While these solutions work fine for navigating menus, we found that menus sometimes become unnecessary in our application altogether. When designing our game, we referenced Journey often. Journey, if you’re not familiar with it, is a gorgeous arthouse adventure game developed by thatgamecompany that focuses on minimalism to make the other elements of the game shine. The start screen consists of a desert backdrop and the words “Start: New Journey.” Menus are kept to an absolute minimum, and teaching the player the controls is done by using transparent controller animations [Fig. 8]. When designing the start screen for Space Between, we decided to skip the stage select entirely and instead focus on a play experience as the user’s first interaction. When the user’s hand becomes recognized, movements begin to swirl the air in front of them, forming wind gusts. As the user plays with the simple scene in front of them, the gusts of wind rock the boat, beginning the game experience. Instead of forcing a player to select a specific stage, each of the minigames is played in succession.
Figure 8: A screen capture from the game Journey showing minimalist use of UI for instructions.
When designing menus (or gameplay) that require gestures, adding graphical representations is important. This seems obvious, but it allows the user to quickly interact without having to learn every option. This is especially important when it’s not always possible to use an intuitive gesture for selecting menu options. When teaching the player how to perform our gameplay gestures, we kept the graphical representations as simple animated spritesheets [Fig. 9]. From these, the player is able to determine the orientation of the hand (or head), which hand to use (or for some, either), and the movement required to perform them. Since our game begins with no repercussions, having the player learn which actions the gestures operate did not pose an issue. We focused on an explorative approach for the game, which was emphasized through the progressively perilous stages. As the player learns gestures in earlier minigames, we use the same icons in later ones to keep the interactions familiar.
Figure 9: A sprite sheet instruction for performing a wave movement in Space Between.
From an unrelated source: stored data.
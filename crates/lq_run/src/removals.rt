//! The rows that a `delete` removes.
ghost use Rattle.std.specs.Prelude.{◌≡◌, ◌<◌, length, IfOk};
ghost use Rattle.lq_run.specs.Calls.{AddsDeletionCalls};
ghost use Rattle.lq_run.specs.States.{AreKnown, state_with};
ghost use Rattle.lq_run.specs.Statements.{ChoosesRows};

use crate::state::State;
use lq_host::{Asks, Log};
use lq_pull::removable_numbers;
use lq_tree::Tree;
use lq_value::{End, TableNumber};
use std::alloc::{AllocError, Global};

/// The numbers of the rows of a table that the role may remove and on which the condition is true, in their order, up to the first fault
/// that the condition meets; and how that ends. The queries in the condition read the rows that the role sees, and its host
/// predicates are these. Where the statement is neither refused nor denied, the log has behind it calls that the statement may make.
pub fn chosen_rows<H: Asks>(
    alloc: Global,
    table: TableNumber,
    condition: &Tree,
    state: &State,
    hosts: &H,
    log: &mut Log<H>,
) -> Result<(Vec<u64>, End), AllocError>
    requires within { table < length state.now.tables }
    requires known { AreKnown (H.known hosts.now) state.now }
    ensures calls { AddsDeletionCalls (state_with (H.known hosts.now) state.now) table
        condition.now log.old log.new }
    ensures chosen { IfOk result
        (ChoosesRows (state_with (H.known hosts.now) state.now) table condition.now) }
{
    removable_numbers(alloc, condition, table, &state.view(), hosts, log)
}
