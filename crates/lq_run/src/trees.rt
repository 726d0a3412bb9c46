//! The trees of expressions, in the state in which a statement is served.
ghost use Rattle.std.specs.Prelude.{◌≡◌, false};
ghost use Rattle.lq_machine.specs.Opening.{is_past_opening};
ghost use Rattle.lq_run.specs.States.{HoldsOf};
ghost use Rattle.lq_run.specs.Statements.{FindsTree, IsTyped, condition_in, tree_in};

use crate::state::State;
use crate::stop::{Stop, refusal};
use lq_bind::{BindError, Scope, bind_condition, bind_term};
use lq_grammar::Expr;
use lq_machine::Opened;
use lq_translate::translate_expression;
use lq_tree::Tree;
use lq_value::{TableNumber, Txt};
use std::alloc::Global;

/// What a statement is bound in: the tables of a state, the host predicates that it knows, and its definitions.
fn scope_in(state: &State, opened: Opened) -> Scope<'_>
    ensures store { result.store.now ≡ state.now.tables }
    ensures hosts { result.hosts.now ≡ state.now.policies.predicates }
    ensures definitions { result.definitions.now ≡ state.now.definitions }
    ensures opened { (result.size ≡ opened.size) × (result.rank ≡ opened.rank) }
{
    Scope {
        store: state.store(),
        hosts: state.hosts(),
        definitions: state.definitions(),
        size: opened.size,
        rank: opened.rank,
    }
}

/// The tree that was bound, or the refusal of what has no type. Within the limits of opening nothing is too deep.
fn typed(alloc: Global, bound: Result<Tree, BindError>) -> Result<Tree, Stop>
    ensures { IsTyped bound result }
{
    match bound {
        Ok(tree) => Ok(tree),
        Err(BindError::IllTyped | BindError::TooDeep) => Err(refusal(alloc, "type")),
        Err(BindError::Memory) => Err(Stop::Memory),
    }
}

/// The tree of an expression; refused as `type` where it has no type. The statement is within the limits of opening.
pub fn tree_of(alloc: Global, expr: &Expr, opened: Opened, state: &State) -> Result<Tree, Stop>
    requires { is_past_opening opened ≡ false }
    ensures { HoldsOf state.now (λ s. FindsTree (tree_in s expr.now) result) }
{
    let term = translate_expression(alloc, expr)?;
    typed(alloc, bind_term(alloc, &term, &scope_in(state, opened)))
}

/// The tree of a condition on a row of this table, under the row's name; refused as `type` where it has no type.
pub fn condition_of(
    alloc: Global,
    expr: &Expr,
    row: &Txt,
    table: TableNumber,
    opened: Opened,
    state: &State,
) -> Result<Tree, Stop>
    requires { is_past_opening opened ≡ false }
    ensures { HoldsOf state.now
        (λ s. FindsTree (condition_in s row.now table expr.now) result) }
{
    let term = translate_expression(alloc, expr)?;
    let scope = scope_in(state, opened);
    typed(alloc, bind_condition(alloc, &term, row, table, &scope))
}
As users are not familiar with most of the interactions, feedback for actions is important. Gesture recognition is not perfect, so when input isn’t recognized the user needs to know. With our demo version of Space Between, these were obvious to the user, displayed at the top of the screen at all times [Fig. 10]. As hands, head, or some gestures were recognized, the appropriate icon would fade in. For our full application version, we decided to go with a more built-in approach. As a user’s input is no longer received, the creatures return to a default state. As an example, in the Sunlight Zone when the user’s hand isn’t recognized, the player-controlled sea turtle rotates back to swimming straight and switches its animation state. As another effect, all of our characters were designed so that when under player control they would glow a specific color. For the games that use cursors, we were able to fade the cursors in and out, along with having matching auditory cues, when input is received or lost.
Figure 10: Visual feedback for detected hands and head in the demo version of Space Between.
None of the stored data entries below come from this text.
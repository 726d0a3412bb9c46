//! What the role of a session has rights to.
ghost use Rattle.lq_run.specs.States.{HoldsOf};
ghost use Rattle.lq_run.specs.Statements.{HasRights};

use crate::state::State;
use crate::stop::{Stop, denial};
use lq_policy::Use;
use lq_use::decide;
use std::alloc::Global;

/// `Ok` exactly where the session's role has a right to each of these uses; else stops with the line of the first that is denied.
pub fn check_rights(alloc: Global, used: &[Use], state: &State) -> Result<(), Stop>
    ensures { HoldsOf state.now (λ s. HasRights s used.now result) }
{
    match decide(used, state.role(), state.policies()) {
        Ok(()) => Ok(()),
        Err(denied) => {
            let first = used[denied.place];
            Err(denial(alloc, state.store(), state.hosts(), denied.rule, first))
        }
    }
}
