//! What a session is between two statements.
use crate::definitions::{place_of, renew};
use lq_language::HostName;
use lq_machine::{Defined, Definition};
use lq_policy::{Policies, RoleId};
use lq_pull::View;
use lq_store::{Store, StoreError};
use lq_value::{Scalar, TableNumber, Txt};
use std::alloc::{AllocError, Global};
use std::marker::Model;

/// The tables of a session, the policies for them, which have the names of the host predicates, the role that it runs under, and what
/// its `var` statements defined, the oldest first. No two definitions have one name, and none has a table's; each variable has a
/// value of its type, and each named query the type of a sequence under the names that were defined before it.
///
/// The predicates themselves aren't in it: whatever evaluates a statement is given them beside it.
#[derive(Drop)]
pub struct State {
    store: Store,
    policies: Policies,
    role: RoleId,
    definitions: Vec<Definition>,
}

impl Model for State {
    ghost use Rattle.lq_machine.specs.DefinitionLaws.{AreDefined};
    ghost use Rattle.lq_machine.specs.States.{schemas_of};
    ghost use Rattle.lq_run.specs.States.{SessionState};
    ghost use Rattle.lq_grammar.specs.contracts.syntax.Expr as expr;
    ghost use Rattle.lq_value.specs.contracts.ty.Ty as ty;
    ghost use Rattle.lq_policy.specs.Roles.{number_of};
    ghost use Rattle.std.specs.Coded.{codes};

    ghost Value = { SessionState };

    ghost coded = { Prim.hlevel (codes, expr.the_row.coded, ty.the_row.coded) };

    ghost view = { λ s. record {
      tables = s.store;
      policies = s.policies;
      role = number_of s.role;
      definitions = s.definitions.items;
    } };

    ghost invariant = { λ s. AreDefined (schemas_of s.store) s.policies.predicates
        s.definitions.items };
}

impl State {
    ghost use Rattle.std.specs.Prelude.{◌≡◌, ◌<◌, [], IfSome, IfErr, OnOk, length, set, slice_get};
    ghost use Rattle.lq_machine.specs.DefinitionLaws.{AreDefined, IsDefined, IsNew};
    ghost use Rattle.lq_machine.specs.Definitions.{known_names};
    ghost use Rattle.lq_machine.specs.States.{schemas_of};
    ghost use Rattle.lq_policy.specs.Roles.{number_of};
    ghost use Rattle.lq_pull.specs.Views.{sight_of};
    ghost use Rattle.lq_run.specs.States.{Assigns, IsValueFor, sight, with_definition};
    ghost use Rattle.lq_store.specs.Calls.{Inserts, count_listed, shown_pushed, without_rows};

    /// The first state of a session: no name is defined. Takes no memory.
    pub fn new(alloc: Global, store: Store, policies: Policies, role: RoleId) -> State
        ensures { result ≡ record {
          tables = store;
          policies = policies;
          role = number_of role;
          definitions = [];
        } }
    {
        State {
            store,
            policies,
            role,
            definitions: Vec::new(alloc),
        }
    }

    /// The tables.
    pub fn store(&self) -> &Store
        ensures value { result.now ≡ self.now.tables }
        ensures defined { AreDefined (schemas_of self.now.tables) self.now.policies.predicates
            self.now.definitions }
    {
        &self.store
    }

    /// The policies for them.
    pub fn policies(&self) -> &Policies
        ensures { result.now ≡ self.now.policies }
    {
        &self.policies
    }

    /// What the session's role reads of the tables.
    pub(crate) fn view(&self) -> View<'_>
        ensures value { sight_of result ≡ sight self.now }
        ensures defined { AreDefined (schemas_of self.now.tables) self.now.policies.predicates
            self.now.definitions }
    {
        View {
            store: &self.store,
            policies: &self.policies,
            role: self.role,
        }
    }

    /// The names of the host predicates that the policies know, by their numbers.
    pub fn hosts(&self) -> &[HostName]
        ensures { result.now ≡ self.now.policies.predicates }
    {
        self.policies.predicates()
    }

    /// The role that the session runs under.
    pub fn role(&self) -> RoleId
        ensures { number_of result ≡ self.now.role }
    {
        self.role
    }

    /// What is defined, the oldest first.
    pub fn definitions(&self) -> &[Definition]
        ensures value { result.now ≡ self.now.definitions }
        ensures defined { AreDefined (schemas_of self.now.tables) self.now.policies.predicates
            self.now.definitions }
    {
        self.definitions.as_slice()
    }

    /// Defines a name that neither a table nor another definition has, after the others. Where memory is refused the state stays.
    pub fn define(&mut self, name: Txt, defined: Defined) -> Result<(), AllocError>
        requires new { IsNew (schemas_of self.old.tables)
            (known_names (schemas_of self.old.tables) self.old.policies.predicates
            self.old.definitions) name }
        requires typed { IsDefined (schemas_of self.old.tables) self.old.policies.predicates
            (known_names (schemas_of self.old.tables) self.old.policies.predicates
            self.old.definitions) defined }
        ensures ok { OnOk result (self.new ≡ with_definition self.old name defined) }
        ensures err { IfErr result (λ _. self.new ≡ self.old) }
    {
        self.definitions.push(Definition { name, defined })?;
        Ok(())
    }

    /// Gives the variable of this name a new value, which is one of its type. Takes no memory.
    pub fn assign(&mut self, name: &str, value: Scalar)
        requires { IsValueFor self.old.definitions name.now value }
        ensures { Assigns self.old name.now value self.new }
    {
        if let Some(place) = place_of(self.definitions.as_slice(), name) {
            renew(&mut self.definitions[place], value);
        }
    }

    /// Takes a role from now on, and prepares the policies for it. Where memory is refused the state stays.
    pub fn take_role(&mut self, alloc: Global, role: RoleId) -> Result<(), AllocError>
        ensures ok { OnOk result (self.new ≡ record self.old { role = number_of role }) }
        ensures err { IfErr result (λ _. self.new ≡ self.old) }
    {
        self.policies.prepare(alloc, role)?;
        self.role = role;
        Ok(())
    }

    /// Puts a row into a table, as `Store::insert` does, with its refusals.
    pub fn insert(
        &mut self,
        table: TableNumber,
        cells: Vec<Scalar>,
    ) -> Result<u64, (StoreError, Vec<Scalar>)>
        ensures tables { Inserts self.old.tables table cells.items (shown_pushed result)
            self.new.tables }
        ensures rest { self.new ≡ record self.old { tables = self.new.tables } }
    {
        self.store.insert(table, cells)
    }

    /// Removes the rows of a table that have these numbers, and answers how many they were. Takes no memory.
    pub fn delete_rows(&mut self, table: TableNumber, numbers: &[u64]) -> u64
        requires { table < length self.old.tables }
        ensures { IfSome (slice_get self.old.tables table)
            (λ t. (result ≡ count_listed t numbers.now)
            × (self.new ≡ record self.old {
              tables = set self.old.tables table (without_rows t numbers.now);
            })) }
    {
        self.store.delete_rows(table, numbers)
    }
}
When integrating complex menus, we found that integrating gestures as the primary control was not always necessary. If the use of the application allows it, using a mouse and keyboard for the most tedious elements—sliders and data entry—will be far less frustrating for the user. While gestures work well for state toggles and buttons, using position data that involves multiple axes can be difficult for the user to control. This can be remedied by using data entry that uses only one axis of movement once a grasp (openness or finger pinch) gesture is performed, but this doesn’t solve the root issue. Although gesture technology is getting much better, most users haven’t used it yet. If having standard input modalities isn’t a possibility for the primary input, the best solution is to make the menus large. Having a standard input modality as a fallback solution is not a bad option.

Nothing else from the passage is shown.